中国共産党は、「中華民族多元一体構造論」を掲げ、「中華民族はひとつ」と主張していますが、実態は漢族優位の社会であり、新疆ウイグル自治区においては、「強制収容所」と言われる“再教育施設”に100万人ものウイグル族を収容しているとされています。「人口抑制策」や「言語教育」という名の強制的な民族浄化を行っているとも言われ、これらが事実であれば、中国は国際法で明確に規定されたジェノサイドに手を染めていると言わざるを得ません。ただ、独裁者としてのヒトラーと習近平との間には、根本的な相違点があります。ヒトラーは何といっても「ひらめき」の人です。悪魔的、という修飾語が必要でしょうが、一種の天才であったことは間違いありません。後述する通り、習近平はそうではありません。また、ヒトラーは、ナチス党を自ら作り、ナチズムの思想を築き上げた叩き上げの一大創業者です。ナチズムとは、ただ1人の総統(フューラー)が国家を指導するべきだという強烈なイデオロギーで、このようなことを唱える人は、さすがの習近平体制の中国にも存在しません。
ヒトラーが、ワイマール共和国というリベラルな議会制民主主義のなかで選挙に勝利して首相指名を受け独裁者になりえたのに対し、習近平は党という組織の密室の中で抜擢された党官僚のトップに過ぎません。
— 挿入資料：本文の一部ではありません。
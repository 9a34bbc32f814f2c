//! Plays lines, each by itself.

use crate::arguments::{printed_map, program_ended};
use crate::bytes::{decoded, disassembled, known_opcodes, made_of_exits, places};
use crate::texts::{assembled, printed, read_hex_lines};
use cases::{CaseError, Player, first_word};
use std::alloc::Global;

/// A player of lines that do not depend on each other.
#[derive(Drop)]
pub struct TextPlayer {
    alloc: Global,
}

impl TextPlayer {
    /// A player of this crate's cases. It keeps nothing from one line to the next: its only field is the allocator for all lines.
    pub fn new(alloc: Global) -> TextPlayer {
        TextPlayer { alloc }
    }
}

impl Player for TextPlayer {
    /// Plays a line: the first word selects the function that makes the line's outcome from the text after this word. `codec` decodes an
    /// instruction and encodes it again, and shows it with the number of its slots and its bytes. `dis` disassembles a program, given in
    /// hex digits. The word `places` shows for each slot of such a program, and for the slot after its last one, the
    /// instruction that begins there, or `none`. `exits` makes a program of a number of exits. `opcodes` counts the opcodes that
    /// instructions have, and reads no text. `asm` assembles a program's text to hex lines, each with the sixteen hex digits of a slot.
    /// `round` also disassembles the program, and assembles that text again. `hex` reads hex lines, and shows the bytes of their slots.
    /// `program` runs the command line of `host`, and shows the exit status, the output and the fault line. `map` reads an argument for a
    /// map, and shows the descriptor and the shape. `UnknownWord` for any other word; the other errors are those of the function.
    fn play(&mut self, line: &str) -> Result<String, CaseError> {
        let (word, rest) = first_word(line);
        match word {
            "codec" => decoded(self.alloc, rest),
            "dis" => disassembled(self.alloc, rest),
            "places" => places(self.alloc, rest),
            "exits" => made_of_exits(self.alloc, rest),
            "opcodes" => known_opcodes(self.alloc),
            "asm" => assembled(self.alloc, rest),
            "round" => printed(self.alloc, rest),
            "hex" => read_hex_lines(self.alloc, rest),
            "program" => program_ended(self.alloc, rest),
            "map" => printed_map(self.alloc, rest),
            _ => Err(CaseError::UnknownWord),
        }
    }
}
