//! Blanks: spaces, tabs and carriage returns.

ghost use Rattle.std.specs.Prelude.{◌≡◌};
ghost use Rattle.text_line.specs.Blanks.{is_blank, skip_blanks, stripped};

/// Whether the byte is a space, a tab or a carriage return: the blanks around tokens and hex lines.
pub(crate) fn is_blank(byte: u8) -> bool
    ensures { result ≡ is_blank byte }
{
    byte == b' ' || byte == b'\t' || byte == b'\r'
}

/// The line without the blanks at its front: spaces, tabs and carriage returns. Empty if it has nothing else.
fn skip_blanks(line: &[u8]) -> &[u8]
    ensures { result.now ≡ skip_blanks line.now }
{
    let mut rest = line;
    while let Some((first, after)) = rest.split_first() {
        if !is_blank(*first) {
            break;
        }
        rest = after;
    }
    rest
}

/// The line without the blanks at both ends: spaces, tabs and carriage returns. Empty if it has nothing else.
pub fn stripped(line: &[u8]) -> &[u8]
    ensures { result.now ≡ stripped line.now }
{
    let mut rest = skip_blanks(line);
    while let Some((last, before)) = rest.split_last() {
        if !is_blank(*last) {
            break;
        }
        rest = before;
    }
    rest
}
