//! Facts as text: what is known of registers and of the stack, as far as it differs from earlier facts.
//!
//! `start` is the offset in the text at which the notes begin: each but the first one follows a semicolon. `AllocError`: out of memory for
//! the text.

ghost use Rattle.std.specs.Prelude.{◌<◌};

use log_facts::write_kind;
use reg_kinds::{Facts, Kind, Slot};
use std::alloc::AllocError;
use std::fmt::Write;
use words::{REGISTERS, STACK_SLOTS};

/// The notes of `write_stack_bytes` are on bytes that are written in the new facts and were not in the old ones.
const WRITTEN: bool = false;

/// The notes of `write_stack_bytes` are on bytes that were readable in the old facts and are not in the new ones.
const LOST: bool = true;

/// Separates the note that the caller writes next from the notes before it, by a semicolon and a space. Writes nothing before the first
/// note, that is, if the text ends at the offset `start`, at which notes begin.
pub(crate) fn separate_note(text: &mut String, start: usize) -> Result<(), AllocError> {
    if text.len() > start {
        text.push_str("; ")
    } else {
        Ok(())
    }
}

/// Writes a note, as `r1 = any number`, with the kind that a register has in the facts `new`: for each register that is readable in `new`,
/// and in `old` is not readable or has another kind. A register that is readable only in `old` gets its note from `write_lost_registers`. A
/// note that begins at offset `start` of the text is the first; each other note has a semicolon and a space before it.
fn write_registers(
    text: &mut String,
    start: usize,
    old: &Facts,
    new: &Facts,
) -> Result<(), AllocError> {
    for number in 0..REGISTERS {
        let kind = new.registers[number];
        if kind != Kind::Unreadable && kind != old.registers[number] {
            separate_note(text, start)?;
            write!(text, "r{number} = ")?;
            write_kind(text, kind)?;
        }
    }
    Ok(())
}

/// Appends one note on the registers that are lost, as `r1, r3 lost`; nothing if there are none. The log shows how the facts `new` differ
/// from the facts `old`: a register is lost if it is readable in `old` and not in `new`. `start` is the offset in the text at which the
/// notes on these facts begin. Each of them but the first has a semicolon and a space before it (`separate_note`). `AllocError`: out of
/// memory for the text.
fn write_lost_registers(
    text: &mut String,
    start: usize,
    old: &Facts,
    new: &Facts,
) -> Result<(), AllocError> {
    let mut are_more = false;
    for number in 0..REGISTERS {
        if new.registers[number] == Kind::Unreadable && old.registers[number] != Kind::Unreadable {
            if are_more {
                text.push_str(", ")?;
            } else {
                separate_note(text, start)?;
            }
            write!(text, "r{number}")?;
            are_more = true;
        }
    }
    if are_more {
        text.push_str(" lost")
    } else {
        Ok(())
    }
}

/// The mask of the bytes of a stack slot that a note lists as newly written; bit 0 is the lowest byte. `old` is the slot in the earlier
/// facts, `new` in the later ones. A spill is a pointer or a map that is stored whole. If neither slot is a spill, the bytes are those that
/// are written in `new` and not in `old`. If only `old` is a spill, they are all bytes that are written in `new`, since the kind that was
/// known of the whole slot no longer holds. If `new` is a spill, the mask is 0: a new spill has a note of its own (`write_spills`).
fn written(old: Slot, new: Slot) -> u8 {
    match (old, new) {
        (Slot::Bytes(before), Slot::Bytes(after)) => after & !before,
        (Slot::Spill(_), Slot::Bytes(after)) => after,
        (_, Slot::Spill(_)) => 0,
    }
}

/// The mask of the bytes of a stack slot that the log lists as lost; bit 0 is the lowest byte. They are readable in `old`, the slot in the
/// earlier facts, and not in `new`, the slot in the later ones. The mask in `Bytes` has the bytes that are written, and so readable. Of a
/// spill, a pointer or a map that is stored whole, all eight bytes are readable, so the result is 0 if `new` is a spill.
fn lost(old: Slot, new: Slot) -> u8 {
    match (old, new) {
        (Slot::Bytes(before), Slot::Bytes(after)) => before & !after,
        (Slot::Spill(_), Slot::Bytes(after)) => !after,
        (_, Slot::Spill(_)) => 0,
    }
}

/// The offset of a stack slot's lowest byte from the stack's upper end: -8 for the highest stack slot. `index` is the number of the stack
/// slot, from 0 for the lowest, and is below `STACK_SLOTS`.
fn lowest_byte(index: usize) -> i64
    requires { index < STACK_SLOTS }
{
    8 * index as i64 - 8 * STACK_SLOTS as i64
}

/// Consecutive bytes of the stack that are still to be written into the text, by their offsets from the stack's upper end.
#[derive(Drop)]
struct Row {
    /// The offset in the text at which notes begin, the first without a semicolon.
    start: usize,
    /// The first byte.
    first: i64,
    /// The byte after the last; equal to the first if there is no byte.
    end: i64,
}

impl Row {
    /// Writes a note on the consecutive stack bytes that this `Row` has, as `stack -8 to -5 written`, or `stack -8 written` for a single
    /// byte: the offsets of the first and the last byte from the stack's upper end, and the word `what`, which is `written` or `lost`.
    /// Writes nothing if the `Row` has no byte. A note that does not begin at the offset `start` of the text is not the first, so a
    /// semicolon separates it from the one before (`separate_note`). `AllocError`: out of memory for the text.
    fn write(&self, text: &mut String, what: &str) -> Result<(), AllocError> {
        if self.first == self.end {
            return Ok(());
        }
        let (first, last) = (self.first, self.end.saturating_sub(1));
        separate_note(text, self.start)?;
        if first == last {
            write!(text, "stack {first} {what}")
        } else {
            write!(text, "stack {first} to {last} {what}")
        }
    }

    /// Adds the stack byte at `byte`, an offset from the stack's upper end, to this row of consecutive bytes. If `byte` does not follow the
    /// last byte of the row, the row ends: it is written into `text`, as a note with the word `what` (`written` or `lost`), unless it is
    /// empty, and a new row begins at `byte`.
    fn add_byte(&mut self, text: &mut String, what: &str, byte: i64) -> Result<(), AllocError> {
        if byte != self.end {
            self.write(text, what)?;
            self.first = byte;
        }
        self.end = byte.saturating_add(1);
        Ok(())
    }

    /// Adds bytes of a stack slot to this row of consecutive stack bytes. The slot has the number `index`, 0 for the lowest slot. Its bytes
    /// whose bit in `mask` is 1 are added; bit 0 is that of the lowest byte. If a byte does not follow the last byte of the row, the row,
    /// if it has bytes, is first written into `text` as a note, for example `stack -8 to -5 lost`, and begins anew at this byte
    /// (`add_byte`). `what` is the last word of the note: `written` or `lost`. The bytes that the row has at the return are not yet
    /// written: the caller does that after the last stack slot. `AllocError`: out of memory for the text.
    fn add_slot_bytes(
        &mut self,
        text: &mut String,
        what: &str,
        index: usize,
        mask: u8,
    ) -> Result<(), AllocError>
        requires { index < STACK_SLOTS }
    {
        let lowest = lowest_byte(index);
        for bit in 0..8_u8 {
            if mask & (1 << bit) != 0 {
                self.add_byte(text, what, lowest.saturating_add(i64::from(bit)))?;
            }
        }
        Ok(())
    }
}

/// Appends a note for each row of consecutive stack bytes that changed from the facts `old` to the facts `new`, as `stack -8 to -5 lost`.
/// If `are_lost`, these are the bytes that are readable in `old` and not in `new`, with the word `lost`; all bytes of a spill are readable.
/// Else they are the bytes that are written in `new`, and in `old` were unwritten or in a slot with a spill, with the word `written`. In
/// both cases a stack slot with a spill in `new` has none of these bytes: a new spill has a note of its own (`write_spills`). `start` is
/// the offset in the text at which the first note begins, which an earlier call may have written; each other note has a semicolon before it
/// (`separate_note`). `AllocError`: out of memory for the text.
fn write_stack_bytes(
    text: &mut String,
    start: usize,
    old: &Facts,
    new: &Facts,
    are_lost: bool,
) -> Result<(), AllocError> {
    let what = if are_lost { "lost" } else { "written" };
    // A row without bytes, since `first` is `end`. No stack byte has offset 0, so the first byte that is added begins a row.
    let mut row = Row {
        start,
        first: 0,
        end: 0,
    };
    for index in 0..STACK_SLOTS {
        let (before, after) = (old.slots[index], new.slots[index]);
        let mask = if are_lost {
            lost(before, after)
        } else {
            written(before, after)
        };
        if mask != 0 {
            row.add_slot_bytes(text, what, index, mask)?;
        }
    }
    row.write(text, what)
}

/// Appends a note for each stack slot that has a spill in `new`, unless it has the same spill in `old`: the offsets of the slot's first and
/// last byte from the stack's upper end, and the kind of what is spilled. `start` is the offset in the text at which the first note begins;
/// each other note has a semicolon before it (`separate_note`).
fn write_spills(
    text: &mut String,
    start: usize,
    old: &Facts,
    new: &Facts,
) -> Result<(), AllocError> {
    for index in 0..STACK_SLOTS {
        let slot = new.slots[index];
        if let Slot::Spill(kind) = slot
            && slot != old.slots[index]
        {
            let first = lowest_byte(index);
            let last = first.saturating_add(7);
            separate_note(text, start)?;
            write!(text, "stack {first} to {last} = ")?;
            write_kind(text, kind)?;
        }
    }
    Ok(())
}

/// Appends notes on what is known in the facts `new` and was not in `old`, as `r1 = any number`, and on what is not known any more, as
/// `r1 lost`. For an edge of a conditional jump, `new` are the facts on the edge, and `old` those before the jump. For an instruction,
/// `new` are the facts before it, and `old` those before the instruction that the pass reached last before it. If there is none, or if the
/// log shows all facts before each instruction (`is_whole` of `steps_of`), `old` are facts in which nothing is known, so that the notes
/// have all of `new`. `start` is the offset in the text at which the first note begins; each other note has a semicolon and a space before
/// it (`separate_note`). `AllocError`: out of memory.
pub(crate) fn write_known(
    text: &mut String,
    start: usize,
    old: &Facts,
    new: &Facts,
) -> Result<(), AllocError> {
    write_registers(text, start, old, new)?;
    write_lost_registers(text, start, old, new)?;
    if old.slots == new.slots {
        return Ok(());
    }
    write_spills(text, start, old, new)?;
    write_stack_bytes(text, start, old, new, WRITTEN)?;
    write_stack_bytes(text, start, old, new, LOST)
}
習近平が独裁的な権力を手にしていると言っても、自分の思想やイデオロギーが民衆の支持を集めた結果ではありませんから、最終的には党組織を無視して権力を揮うことはできないのです。
ナチス党の総統ヒトラー
小物たちの世界
この習近平を20世紀の独裁者になぞらえるとすれば、いかにもよく似ているのがスターリンです。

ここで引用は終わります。